APHRODITE

I, born of sound and foam,
Child of the sea and wind,
Was fire upon mankind—
Fuelled with Syria, and with Greece and Rome.
Time fanned me with his breath;
Love found new warmth in me,
And Life its ecstasy,
Till I grew deadly with the wind of death.

A NYMPH

How can the world be still so beautiful
When beauty's self is fled? Tis like the mute
And marble loveliness of some dead girl;
And we that hover here, are as the spirit
Of former voice and motion, and live color
In that which shall not stir nor speak again.

ANOTHER NYMPH

Nay, rather say this lovely, lifeless world
Is but a rigid semblance, counterfeiting
The world which was.

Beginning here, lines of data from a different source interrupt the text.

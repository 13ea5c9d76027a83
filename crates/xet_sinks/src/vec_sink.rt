//! Sinks over a vector.
ghost use Rattle.std.specs.Prelude.{◌≡◌, [], IfOk, Ok, Some, length};
ghost use Rattle.xet_outside.specs.Told.{FlushCall, WriteCall};

use std::alloc::Global;
use xet_outside::sink::{Sink, SinkError};

/// A sink over a vector, which has no faults.
#[derive(Drop)]
pub struct VecSink {
    taken: Vec<u8>,
    // how many of the taken bytes are flushed
    flushed: usize,
}

impl VecSink {
    /// A sink that took nothing. It takes no memory yet.
    pub fn new(alloc: Global) -> VecSink
        ensures { ⟦<VecSink as Sink>⟧.told result
            ≡ record { took = Some []; flushed = Some 0; faults = 0; link = [] } }
    {
        VecSink {
            taken: Vec::new(alloc),
            flushed: 0,
        }
    }

    /// The bytes that were taken.
    pub fn taken(&self) -> &[u8]
        ensures { (⟦<VecSink as Sink>⟧.told self.now).took ≡ Some result.now }
    {
        self.taken.as_slice()
    }
}

impl Sink for VecSink {
    ghost told = { λ s. record { took = Some s.taken.items; flushed = Some s.flushed; faults = 0; link = [] } };

    /// Takes the whole piece. Want of memory is the only error.
    fn write(&mut self, piece: &[u8]) -> Result<usize, SinkError>
        ensures call { WriteCall (⟦<VecSink as Sink>⟧.told self.old)
            (⟦<VecSink as Sink>⟧.told self.new) piece.now result }
        ensures whole { IfOk result (λ count. count ≡ length piece.now) }
    {
        match self.taken.extend_from_slice(piece) {
            Ok(()) => Ok(piece.len()),
            Err(_) => Err(SinkError::OutOfMemory),
        }
    }

    /// Succeeds.
    fn flush(&mut self) -> Result<(), SinkError>
        ensures call { FlushCall (⟦<VecSink as Sink>⟧.told self.old)
            (⟦<VecSink as Sink>⟧.told self.new) result }
        ensures ok { result ≡ Ok tt }
    {
        self.flushed = self.taken.len();
        Ok(())
    }
}
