//! Laws of mirrored files, as functions whose contracts state them.
ghost use Rattle.xet_mirror.specs.Laws.{MirroredAgrees, MirroredGives, NoneBad, NoneMissing, StoppedAgrees};

/// A mirrored file gives the same bytes in every range. Where both stores are valid and agree, so they do afterwards,
/// wherever the call stopped. Over a valid store no xorb is missing and no term bad.
pub fn mirrored_files_give()
    ensures gives { MirroredGives }
    ensures agrees { MirroredAgrees }
    ensures stopped { StoppedAgrees }
    ensures missing { NoneMissing }
    ensures bad { NoneBad }
{}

Nor have the gods retained
Such power as once informed and rendered vital
The cryptic irresponsiveness of stone,—
That statue which Pygmalion made and loved.

ATÈ

I, who was discord among men,
Alone of all Time's hierarchy
Find that Time hath no need of me,
No lack that I might fill again.

THE POET

Tell me, O gods, are ye forever doomed
To fall and flutter among spacial winds,
Finding release nor foothold anywhere—
Debarred from doors of all the suns, like spirits
Whose names are blotted from the lists of Time,
Though they themselves yet wander undestroyed?